Russian Word of the Day: Свеча -candle, suppository


свечка-svYEchka (the ‘k’ makes it diminutive)

I’ve long known the word свеча or свечка as candle but the second meaning I learned last fall while in Kiev.

This is like children’s Tylenol but it’s in the form of ректальные суппозитории (rectal suppositories, the medical terminology for свечки)

My friend Katya works as a pediatrician in Kiev.  Her little boy, Bogdan, was starting to get sick with something.  I heard her tell Bogdan, “Иди сюда, надо свечку тебе поставить” (come here we need to give you a suppository).
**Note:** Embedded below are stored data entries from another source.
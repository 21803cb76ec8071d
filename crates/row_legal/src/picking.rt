//! The greedy rule: each cell in turn goes to the nearest segment with room for it.

ghost use Rattle.std.specs.Prelude.{◌≡◌, length, map, IfOk, MatchResult};
ghost use Rattle.row_space.specs.Ends.{AreGoodSegments};
ghost use Rattle.row_legal.specs.Forms.Turns.{AreGoodTurns};
ghost use Rattle.row_legal.specs.Forms.Choices.{AreChosen, IsStop, IsNoRoom};

use crate::fault::LegalError;
use crate::found::Rows;
use crate::lanes::{lanes, nearest};
use crate::turns::Turn;
use row_space::Segment;
use std::alloc::{AllocError, Global};

/// A cell with the segment that it goes to. Where it wishes its left edge, its number, and how many sites it takes. Choices
/// are in the order of their fields: those of a segment from left to right.
#[derive(Clone, Copy, Debug, PartialEq, Eq, PartialOrd, Ord)]
pub(crate) struct Choice {
    pub x: i64,
    pub cell: u32,
    pub segment: usize,
    pub sites: u64,
}

/// The choices of the cells, each in its turn, or the first cell for which no segment has the room.
pub(crate) fn choose_all(
    alloc: Global,
    segments: &[Segment],
    pitch: i64,
    turns: &[Turn],
) -> Result<Vec<Choice>, LegalError>
    requires good { AreGoodSegments pitch segments.now }
    requires turns { AreGoodTurns turns.now }
    ensures { MatchResult result
        (λ choices. AreChosen pitch segments.now turns.now choices.items × (length choices.items ≡ length turns.now))
        (IsStop pitch segments.now turns.now) }
{
    let mut rooms = full_rooms(alloc, segments)?;
    let lanes = lanes(alloc, segments)?;
    let mut choices = Vec::with_capacity(alloc, turns.len())?;
    for turn in turns {
        let rows = Rows {
            segments,
            pitch,
            rooms: &rooms,
        };
        let Some(segment) = nearest(&lanes, &rows, turn) else {
            return Err(no_room(turn, &rooms));
        };
        rooms[segment] -= turn.sites.0;
        choices.push(Choice {
            x: turn.x,
            cell: turn.cell,
            segment,
            sites: turn.sites.0,
        })?;
    }
    Ok(choices)
}

/// The room of each segment before any cell is taken.
fn full_rooms(alloc: Global, segments: &[Segment]) -> Result<Vec<u64>, AllocError>
    ensures { IfOk result (λ rooms. rooms.items ≡ map (λ segment. segment.sites) segments.now) }
{
    segments
        .iter()
        .map(|segment| u64::from(segment.sites))
        .collect(alloc)
}

/// That no segment has room for this cell.
fn no_room(turn: &Turn, rooms: &[u64]) -> LegalError
    ensures { IsNoRoom turn.now rooms.now result }
{
    LegalError::NoRoom {
        cell: turn.cell,
        sites: turn.sites.0,
        largest: rooms.iter().copied().max().unwrap_or(0),
    }
}
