//! The greedy rule over segments and cells as a caller has them.

ghost use Rattle.std.specs.Prelude.{◌≡◌, map, All, MatchResult};
ghost use Rattle.row_legal.specs.Cells.{cells_of};
ghost use Rattle.row_space.specs.Ends.{AreGoodSegments};
ghost use Rattle.row_legal.specs.Ranges.{AreGoodCells};
ghost use Rattle.row_legal.specs.Greedy.{IsGreedy};
ghost use Rattle.row_legal.specs.Answers.{IsRefusal};
ghost use Rattle.row_legal.specs.Forms.Choices.{pick_of, IsOwn};

use crate::fault::LegalError;
use crate::parts::Wish;
use crate::picking::{Choice, choose_all};
use crate::turns::turns;
use row_space::Segments;
use std::alloc::Global;

/// The choices of all cells by the greedy rule, in the order in which cells are taken, or where the rule ends.
pub(crate) fn greedy_choices(
    alloc: Global,
    segments: &Segments,
    sites: &[u64],
    wishes: &[Wish],
) -> Result<Vec<Choice>, LegalError>
    requires cells { AreGoodCells (cells_of sites.now wishes.now) }
    requires rows { AreGoodSegments segments.now.pitch segments.now.segments }
    ensures { MatchResult result
        (λ choices. IsGreedy segments.now (cells_of sites.now wishes.now) (map pick_of choices.items)
        × All (IsOwn (cells_of sites.now wishes.now)) choices.items)
        (IsRefusal segments.now (cells_of sites.now wishes.now)) }
{
    let turns = turns(alloc, sites, wishes)?;
    choose_all(alloc, segments.as_slice(), segments.pitch(), &turns)
}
Bogdan immediately started screaming and tried to run away.  Katya had me help her hold him down while she поставила свечечку в его попку (put the little suppository in his little bum).

My experience with suppositories was only for childhood constipation but I guess these suppositories contained medicine that dissolves in their system.  Katya said it would help Bogdan with his cold.  She was so surprised that I didn’t know what a свечка was.  She asked, “Well, how do you give kids medicine in America?” And I said, “With a spoon to the mouth”.  I explained that we make our medicine sugary and delicious so it’s a little easier to coax children into taking it.

So there you have it.  Свечка/свеча means both candle or a suppository.  If someone comes up to you and asks is you want a свеча, you might want to make sure you know which kind they have in mind before agreeing.